**Description of the task:**
When the line with "tell a failed" appears below, start repeating lines exactly, and keep going through the line with "let reader = watched.finish();"; add nothing outside that span.

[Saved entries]

= = =

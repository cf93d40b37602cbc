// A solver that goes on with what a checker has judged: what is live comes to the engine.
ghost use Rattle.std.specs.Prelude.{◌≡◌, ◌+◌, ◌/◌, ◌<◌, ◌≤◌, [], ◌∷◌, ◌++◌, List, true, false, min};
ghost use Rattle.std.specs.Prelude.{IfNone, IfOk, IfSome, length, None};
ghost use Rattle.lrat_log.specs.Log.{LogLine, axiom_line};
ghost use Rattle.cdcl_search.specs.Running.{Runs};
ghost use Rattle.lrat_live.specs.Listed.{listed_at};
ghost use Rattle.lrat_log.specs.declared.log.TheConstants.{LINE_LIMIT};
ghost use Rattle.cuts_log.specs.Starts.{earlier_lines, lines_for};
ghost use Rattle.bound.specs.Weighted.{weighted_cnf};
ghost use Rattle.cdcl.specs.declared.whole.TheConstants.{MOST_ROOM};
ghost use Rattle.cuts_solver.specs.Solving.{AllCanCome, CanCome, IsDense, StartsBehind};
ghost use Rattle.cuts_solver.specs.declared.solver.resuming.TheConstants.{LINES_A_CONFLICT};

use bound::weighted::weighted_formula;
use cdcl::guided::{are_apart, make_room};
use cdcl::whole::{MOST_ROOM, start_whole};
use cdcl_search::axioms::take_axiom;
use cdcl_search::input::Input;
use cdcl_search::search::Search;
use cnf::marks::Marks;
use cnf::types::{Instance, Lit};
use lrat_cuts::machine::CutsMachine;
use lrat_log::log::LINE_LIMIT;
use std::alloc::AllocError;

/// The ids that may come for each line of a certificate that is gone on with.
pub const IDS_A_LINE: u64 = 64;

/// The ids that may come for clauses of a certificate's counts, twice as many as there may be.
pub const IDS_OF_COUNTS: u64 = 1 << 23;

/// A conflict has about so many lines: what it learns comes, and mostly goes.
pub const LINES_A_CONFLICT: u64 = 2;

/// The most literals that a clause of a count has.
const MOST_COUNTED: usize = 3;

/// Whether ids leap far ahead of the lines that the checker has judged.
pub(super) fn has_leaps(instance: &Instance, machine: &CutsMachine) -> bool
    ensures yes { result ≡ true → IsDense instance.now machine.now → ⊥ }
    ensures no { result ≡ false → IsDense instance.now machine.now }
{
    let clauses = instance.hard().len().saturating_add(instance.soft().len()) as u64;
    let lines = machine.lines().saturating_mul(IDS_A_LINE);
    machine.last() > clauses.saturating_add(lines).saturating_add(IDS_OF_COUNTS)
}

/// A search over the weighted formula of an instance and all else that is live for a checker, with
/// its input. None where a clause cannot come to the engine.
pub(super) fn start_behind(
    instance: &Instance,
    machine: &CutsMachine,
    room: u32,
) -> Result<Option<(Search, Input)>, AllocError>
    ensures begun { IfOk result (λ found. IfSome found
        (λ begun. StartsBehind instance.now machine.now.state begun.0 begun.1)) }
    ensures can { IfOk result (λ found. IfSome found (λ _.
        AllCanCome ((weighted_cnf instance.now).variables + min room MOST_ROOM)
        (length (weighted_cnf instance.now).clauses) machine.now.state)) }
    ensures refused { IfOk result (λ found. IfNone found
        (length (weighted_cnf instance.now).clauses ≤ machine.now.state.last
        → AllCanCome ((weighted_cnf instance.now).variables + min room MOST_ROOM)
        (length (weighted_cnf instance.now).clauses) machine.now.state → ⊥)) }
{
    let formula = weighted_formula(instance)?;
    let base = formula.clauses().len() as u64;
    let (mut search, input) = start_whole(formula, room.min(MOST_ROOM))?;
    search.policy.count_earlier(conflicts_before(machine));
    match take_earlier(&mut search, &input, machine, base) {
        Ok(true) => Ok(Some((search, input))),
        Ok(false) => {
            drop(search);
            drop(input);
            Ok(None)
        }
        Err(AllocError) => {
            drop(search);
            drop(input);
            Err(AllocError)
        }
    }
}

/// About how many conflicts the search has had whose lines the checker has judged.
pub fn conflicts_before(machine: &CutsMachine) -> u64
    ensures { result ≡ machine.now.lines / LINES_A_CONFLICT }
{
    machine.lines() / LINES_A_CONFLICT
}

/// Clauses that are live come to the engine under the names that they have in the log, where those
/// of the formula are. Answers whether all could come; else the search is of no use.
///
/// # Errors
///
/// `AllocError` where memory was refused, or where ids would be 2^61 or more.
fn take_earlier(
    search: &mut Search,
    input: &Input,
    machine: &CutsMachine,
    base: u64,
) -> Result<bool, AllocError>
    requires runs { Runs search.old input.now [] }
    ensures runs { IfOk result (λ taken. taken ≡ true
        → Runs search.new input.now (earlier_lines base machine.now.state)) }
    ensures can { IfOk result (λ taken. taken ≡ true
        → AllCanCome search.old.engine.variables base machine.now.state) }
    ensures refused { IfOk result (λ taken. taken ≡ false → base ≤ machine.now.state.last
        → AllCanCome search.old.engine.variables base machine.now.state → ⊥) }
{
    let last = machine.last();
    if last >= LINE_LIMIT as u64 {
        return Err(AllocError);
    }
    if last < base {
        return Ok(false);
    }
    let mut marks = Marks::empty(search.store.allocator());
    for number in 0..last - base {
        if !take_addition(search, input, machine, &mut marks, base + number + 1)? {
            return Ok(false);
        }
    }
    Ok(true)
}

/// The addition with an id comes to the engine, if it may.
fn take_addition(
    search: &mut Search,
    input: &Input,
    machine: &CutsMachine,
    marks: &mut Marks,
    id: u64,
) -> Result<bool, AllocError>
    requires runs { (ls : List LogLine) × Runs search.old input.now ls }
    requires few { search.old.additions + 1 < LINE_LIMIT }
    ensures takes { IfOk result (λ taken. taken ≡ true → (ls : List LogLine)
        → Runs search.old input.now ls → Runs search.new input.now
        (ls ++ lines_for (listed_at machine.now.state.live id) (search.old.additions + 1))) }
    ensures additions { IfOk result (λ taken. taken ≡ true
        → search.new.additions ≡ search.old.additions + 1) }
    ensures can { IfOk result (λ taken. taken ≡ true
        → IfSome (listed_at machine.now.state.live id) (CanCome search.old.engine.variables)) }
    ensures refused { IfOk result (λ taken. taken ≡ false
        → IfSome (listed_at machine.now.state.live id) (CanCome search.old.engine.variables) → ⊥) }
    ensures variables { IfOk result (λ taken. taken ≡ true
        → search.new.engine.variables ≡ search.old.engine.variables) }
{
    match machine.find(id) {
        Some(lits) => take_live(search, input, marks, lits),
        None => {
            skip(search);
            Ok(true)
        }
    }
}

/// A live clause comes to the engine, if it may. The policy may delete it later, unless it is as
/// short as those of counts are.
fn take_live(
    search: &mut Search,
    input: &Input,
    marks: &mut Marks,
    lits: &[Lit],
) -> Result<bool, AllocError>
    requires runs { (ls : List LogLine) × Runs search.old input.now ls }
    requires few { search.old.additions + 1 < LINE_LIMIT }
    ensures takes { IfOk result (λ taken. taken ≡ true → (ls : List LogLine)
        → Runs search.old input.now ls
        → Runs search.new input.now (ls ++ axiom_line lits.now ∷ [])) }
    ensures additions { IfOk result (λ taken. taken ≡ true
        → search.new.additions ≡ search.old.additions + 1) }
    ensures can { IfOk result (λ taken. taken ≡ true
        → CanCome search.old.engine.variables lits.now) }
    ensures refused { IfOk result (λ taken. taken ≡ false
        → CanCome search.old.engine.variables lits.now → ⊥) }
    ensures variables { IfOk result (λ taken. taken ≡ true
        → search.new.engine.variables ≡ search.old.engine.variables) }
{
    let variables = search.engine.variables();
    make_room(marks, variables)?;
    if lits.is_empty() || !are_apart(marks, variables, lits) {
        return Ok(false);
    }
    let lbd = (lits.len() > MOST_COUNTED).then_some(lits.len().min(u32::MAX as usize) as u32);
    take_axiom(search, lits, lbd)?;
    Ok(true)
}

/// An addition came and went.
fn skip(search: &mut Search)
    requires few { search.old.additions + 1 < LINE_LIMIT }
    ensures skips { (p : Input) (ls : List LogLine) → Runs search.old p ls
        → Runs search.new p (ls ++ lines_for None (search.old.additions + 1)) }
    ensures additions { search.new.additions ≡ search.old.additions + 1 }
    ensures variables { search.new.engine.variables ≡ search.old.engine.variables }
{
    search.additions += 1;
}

= = =

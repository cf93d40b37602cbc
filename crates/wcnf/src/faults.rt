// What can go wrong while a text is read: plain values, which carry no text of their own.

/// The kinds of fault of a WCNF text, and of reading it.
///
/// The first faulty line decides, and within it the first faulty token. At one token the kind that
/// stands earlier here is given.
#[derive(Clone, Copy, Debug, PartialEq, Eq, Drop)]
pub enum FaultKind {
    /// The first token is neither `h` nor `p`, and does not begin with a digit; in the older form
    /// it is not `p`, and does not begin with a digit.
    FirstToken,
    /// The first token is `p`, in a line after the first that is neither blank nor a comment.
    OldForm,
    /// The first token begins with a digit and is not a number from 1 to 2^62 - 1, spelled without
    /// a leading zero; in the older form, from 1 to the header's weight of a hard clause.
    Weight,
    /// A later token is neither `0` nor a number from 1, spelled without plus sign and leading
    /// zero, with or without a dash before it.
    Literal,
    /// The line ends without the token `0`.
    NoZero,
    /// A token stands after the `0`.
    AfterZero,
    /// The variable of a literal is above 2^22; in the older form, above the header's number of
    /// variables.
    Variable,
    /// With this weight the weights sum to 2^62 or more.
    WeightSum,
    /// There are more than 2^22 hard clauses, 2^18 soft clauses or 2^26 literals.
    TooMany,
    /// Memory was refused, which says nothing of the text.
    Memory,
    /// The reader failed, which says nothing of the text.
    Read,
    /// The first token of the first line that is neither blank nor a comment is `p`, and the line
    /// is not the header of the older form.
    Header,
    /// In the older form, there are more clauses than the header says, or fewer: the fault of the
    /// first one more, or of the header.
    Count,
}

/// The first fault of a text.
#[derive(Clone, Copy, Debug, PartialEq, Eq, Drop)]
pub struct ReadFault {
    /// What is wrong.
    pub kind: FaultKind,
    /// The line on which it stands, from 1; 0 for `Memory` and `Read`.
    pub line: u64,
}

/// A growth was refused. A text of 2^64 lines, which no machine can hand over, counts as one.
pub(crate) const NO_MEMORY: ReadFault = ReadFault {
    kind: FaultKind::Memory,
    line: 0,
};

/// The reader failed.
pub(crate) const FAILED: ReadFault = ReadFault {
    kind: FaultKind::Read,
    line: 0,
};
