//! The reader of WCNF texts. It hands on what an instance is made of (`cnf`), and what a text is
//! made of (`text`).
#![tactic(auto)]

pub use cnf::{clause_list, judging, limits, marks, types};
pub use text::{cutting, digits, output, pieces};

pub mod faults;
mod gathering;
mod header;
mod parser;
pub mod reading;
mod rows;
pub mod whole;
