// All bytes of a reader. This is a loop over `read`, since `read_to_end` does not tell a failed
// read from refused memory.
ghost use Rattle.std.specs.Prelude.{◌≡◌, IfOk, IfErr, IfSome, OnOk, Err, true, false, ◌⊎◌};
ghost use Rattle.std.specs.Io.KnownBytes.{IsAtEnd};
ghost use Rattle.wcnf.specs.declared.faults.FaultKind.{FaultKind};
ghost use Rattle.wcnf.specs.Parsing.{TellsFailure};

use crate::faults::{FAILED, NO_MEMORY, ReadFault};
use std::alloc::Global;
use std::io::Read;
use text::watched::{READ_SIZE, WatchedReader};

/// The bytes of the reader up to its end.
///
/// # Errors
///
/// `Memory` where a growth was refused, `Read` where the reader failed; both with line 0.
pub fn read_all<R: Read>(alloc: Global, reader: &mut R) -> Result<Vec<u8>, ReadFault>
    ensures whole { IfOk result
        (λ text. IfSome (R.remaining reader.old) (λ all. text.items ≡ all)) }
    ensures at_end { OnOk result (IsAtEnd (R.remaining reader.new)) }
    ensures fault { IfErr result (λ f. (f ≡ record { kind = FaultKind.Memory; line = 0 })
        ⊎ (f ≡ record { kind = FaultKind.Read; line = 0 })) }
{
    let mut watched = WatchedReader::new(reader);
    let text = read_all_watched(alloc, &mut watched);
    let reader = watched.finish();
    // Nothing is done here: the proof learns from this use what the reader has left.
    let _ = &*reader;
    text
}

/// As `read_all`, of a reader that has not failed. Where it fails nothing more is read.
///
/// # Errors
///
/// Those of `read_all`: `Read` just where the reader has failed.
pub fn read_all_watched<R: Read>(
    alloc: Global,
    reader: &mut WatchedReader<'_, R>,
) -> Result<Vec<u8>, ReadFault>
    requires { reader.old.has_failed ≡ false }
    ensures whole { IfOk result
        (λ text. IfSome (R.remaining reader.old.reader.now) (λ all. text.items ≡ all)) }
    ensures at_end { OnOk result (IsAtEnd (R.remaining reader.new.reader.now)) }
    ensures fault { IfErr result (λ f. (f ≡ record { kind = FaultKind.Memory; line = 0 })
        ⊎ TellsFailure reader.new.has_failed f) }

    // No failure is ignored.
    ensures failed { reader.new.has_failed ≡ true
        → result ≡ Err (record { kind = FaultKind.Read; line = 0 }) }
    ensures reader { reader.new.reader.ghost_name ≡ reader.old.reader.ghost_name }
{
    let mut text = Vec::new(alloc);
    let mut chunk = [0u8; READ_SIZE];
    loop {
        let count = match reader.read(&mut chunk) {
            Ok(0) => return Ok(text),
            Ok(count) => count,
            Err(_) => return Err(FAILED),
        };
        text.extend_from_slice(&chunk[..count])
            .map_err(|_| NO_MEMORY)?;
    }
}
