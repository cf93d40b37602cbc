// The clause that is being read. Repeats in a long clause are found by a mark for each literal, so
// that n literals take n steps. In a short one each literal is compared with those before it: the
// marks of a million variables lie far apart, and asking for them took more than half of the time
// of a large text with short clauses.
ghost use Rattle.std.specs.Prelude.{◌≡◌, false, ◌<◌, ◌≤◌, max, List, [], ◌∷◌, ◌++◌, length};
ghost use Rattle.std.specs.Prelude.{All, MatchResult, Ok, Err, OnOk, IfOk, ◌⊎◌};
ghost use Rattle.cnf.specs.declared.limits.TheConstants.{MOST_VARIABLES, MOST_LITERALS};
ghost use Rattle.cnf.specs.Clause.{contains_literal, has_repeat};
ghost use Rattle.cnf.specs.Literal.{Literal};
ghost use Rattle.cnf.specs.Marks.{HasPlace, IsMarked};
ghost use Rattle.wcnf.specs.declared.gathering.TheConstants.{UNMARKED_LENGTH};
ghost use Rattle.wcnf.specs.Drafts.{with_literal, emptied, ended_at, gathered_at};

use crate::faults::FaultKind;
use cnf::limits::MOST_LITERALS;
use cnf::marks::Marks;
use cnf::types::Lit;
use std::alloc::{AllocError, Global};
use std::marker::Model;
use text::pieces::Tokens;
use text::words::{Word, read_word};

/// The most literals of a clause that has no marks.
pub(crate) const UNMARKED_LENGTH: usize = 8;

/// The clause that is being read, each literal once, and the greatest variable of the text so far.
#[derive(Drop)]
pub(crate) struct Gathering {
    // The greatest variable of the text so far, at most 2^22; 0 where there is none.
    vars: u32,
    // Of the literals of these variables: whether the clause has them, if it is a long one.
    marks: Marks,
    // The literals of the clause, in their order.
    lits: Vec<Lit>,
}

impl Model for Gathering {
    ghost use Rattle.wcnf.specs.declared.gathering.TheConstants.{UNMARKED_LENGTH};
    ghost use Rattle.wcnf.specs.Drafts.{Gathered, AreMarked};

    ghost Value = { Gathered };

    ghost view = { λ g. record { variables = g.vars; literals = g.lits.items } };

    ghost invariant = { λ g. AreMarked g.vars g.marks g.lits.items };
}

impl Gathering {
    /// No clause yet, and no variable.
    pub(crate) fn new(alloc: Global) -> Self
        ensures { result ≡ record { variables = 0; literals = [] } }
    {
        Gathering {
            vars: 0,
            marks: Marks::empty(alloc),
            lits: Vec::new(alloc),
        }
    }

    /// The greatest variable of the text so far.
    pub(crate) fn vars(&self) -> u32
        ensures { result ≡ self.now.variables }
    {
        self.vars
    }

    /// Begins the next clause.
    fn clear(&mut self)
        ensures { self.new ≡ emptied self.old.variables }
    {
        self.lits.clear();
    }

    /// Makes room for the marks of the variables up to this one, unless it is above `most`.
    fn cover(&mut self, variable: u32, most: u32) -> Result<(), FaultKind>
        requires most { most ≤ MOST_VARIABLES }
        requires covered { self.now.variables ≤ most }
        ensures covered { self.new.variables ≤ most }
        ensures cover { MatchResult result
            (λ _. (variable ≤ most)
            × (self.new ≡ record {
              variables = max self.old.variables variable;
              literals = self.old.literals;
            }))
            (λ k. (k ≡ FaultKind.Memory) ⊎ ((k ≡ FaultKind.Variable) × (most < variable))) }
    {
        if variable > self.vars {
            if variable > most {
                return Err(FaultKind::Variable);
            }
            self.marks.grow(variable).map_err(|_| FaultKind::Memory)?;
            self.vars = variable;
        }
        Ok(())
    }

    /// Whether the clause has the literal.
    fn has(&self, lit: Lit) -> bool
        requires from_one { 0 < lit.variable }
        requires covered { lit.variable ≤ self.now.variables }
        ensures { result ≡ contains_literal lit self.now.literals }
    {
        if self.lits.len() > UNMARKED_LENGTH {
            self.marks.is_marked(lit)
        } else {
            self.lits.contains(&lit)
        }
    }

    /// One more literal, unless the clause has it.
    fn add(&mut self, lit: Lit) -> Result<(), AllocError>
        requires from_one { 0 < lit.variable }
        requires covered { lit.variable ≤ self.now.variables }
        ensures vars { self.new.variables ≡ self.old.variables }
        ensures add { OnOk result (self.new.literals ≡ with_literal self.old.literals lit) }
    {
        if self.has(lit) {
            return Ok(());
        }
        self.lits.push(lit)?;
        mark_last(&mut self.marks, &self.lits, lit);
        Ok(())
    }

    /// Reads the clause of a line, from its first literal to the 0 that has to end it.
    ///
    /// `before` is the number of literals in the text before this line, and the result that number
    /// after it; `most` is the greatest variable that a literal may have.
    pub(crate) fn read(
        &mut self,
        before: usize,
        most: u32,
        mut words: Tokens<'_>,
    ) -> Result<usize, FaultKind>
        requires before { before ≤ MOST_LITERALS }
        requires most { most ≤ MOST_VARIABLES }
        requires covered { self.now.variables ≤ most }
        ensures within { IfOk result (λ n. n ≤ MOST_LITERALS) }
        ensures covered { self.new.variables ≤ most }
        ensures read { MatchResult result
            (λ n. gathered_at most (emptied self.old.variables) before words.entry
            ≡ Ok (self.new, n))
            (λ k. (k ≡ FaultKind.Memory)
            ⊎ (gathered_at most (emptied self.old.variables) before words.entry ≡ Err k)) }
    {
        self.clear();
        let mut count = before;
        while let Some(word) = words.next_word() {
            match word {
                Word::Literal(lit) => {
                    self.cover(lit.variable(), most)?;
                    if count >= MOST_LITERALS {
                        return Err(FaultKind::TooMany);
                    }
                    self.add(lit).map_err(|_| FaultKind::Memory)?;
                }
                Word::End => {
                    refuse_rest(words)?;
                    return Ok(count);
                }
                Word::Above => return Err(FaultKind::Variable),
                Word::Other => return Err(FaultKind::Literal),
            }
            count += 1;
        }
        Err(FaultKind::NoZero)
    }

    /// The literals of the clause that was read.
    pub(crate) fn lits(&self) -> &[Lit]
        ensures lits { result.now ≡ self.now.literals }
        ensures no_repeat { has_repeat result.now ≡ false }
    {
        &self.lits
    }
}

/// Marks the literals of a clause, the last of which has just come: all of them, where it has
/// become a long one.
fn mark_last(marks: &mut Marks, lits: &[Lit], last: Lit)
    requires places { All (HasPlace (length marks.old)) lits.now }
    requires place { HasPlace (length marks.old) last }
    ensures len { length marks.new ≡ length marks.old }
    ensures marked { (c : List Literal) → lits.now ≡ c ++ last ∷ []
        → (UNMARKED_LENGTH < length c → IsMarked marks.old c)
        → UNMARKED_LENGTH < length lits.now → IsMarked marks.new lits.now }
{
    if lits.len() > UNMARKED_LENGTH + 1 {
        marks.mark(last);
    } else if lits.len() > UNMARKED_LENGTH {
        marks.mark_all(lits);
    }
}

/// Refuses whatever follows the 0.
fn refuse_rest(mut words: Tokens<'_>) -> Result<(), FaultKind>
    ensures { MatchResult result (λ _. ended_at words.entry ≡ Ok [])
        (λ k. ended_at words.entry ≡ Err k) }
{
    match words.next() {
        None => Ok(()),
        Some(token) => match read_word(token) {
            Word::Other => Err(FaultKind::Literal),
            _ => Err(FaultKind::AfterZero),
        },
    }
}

= = =

**Answer box:**
// All bytes of a reader. This is a loop over `read`, since `read_to_end` does not tell a failed
// read from refused memory.
ghost use Rattle.std.specs.Prelude.{◌≡◌, IfOk, IfErr, IfSome, OnOk, Err, true, false, ◌⊎◌};
ghost use Rattle.std.specs.Io.KnownBytes.{IsAtEnd};
ghost use Rattle.wcnf.specs.declared.faults.FaultKind.{FaultKind};
ghost use Rattle.wcnf.specs.Parsing.{TellsFailure};

use crate::faults::{FAILED, NO_MEMORY, ReadFault};
use std::alloc::Global;
use std::io::Read;
use text::watched::{READ_SIZE, WatchedReader};

/// The bytes of the reader up to its end.
///
/// # Errors
///
/// `Memory` where a growth was refused, `Read` where the reader failed; both with line 0.
pub fn read_all<R: Read>(alloc: Global, reader: &mut R) -> Result<Vec<u8>, ReadFault>
    ensures whole { IfOk result
        (λ text. IfSome (R.remaining reader.old) (λ all. text.items ≡ all)) }
    ensures at_end { OnOk result (IsAtEnd (R.remaining reader.new)) }
    ensures fault { IfErr result (λ f. (f ≡ record { kind = FaultKind.Memory; line = 0 })
        ⊎ (f ≡ record { kind = FaultKind.Read; line = 0 })) }
{
    let mut watched = WatchedReader::new(reader);
    let text = read_all_watched(alloc, &mut watched);
    let reader = watched.finish();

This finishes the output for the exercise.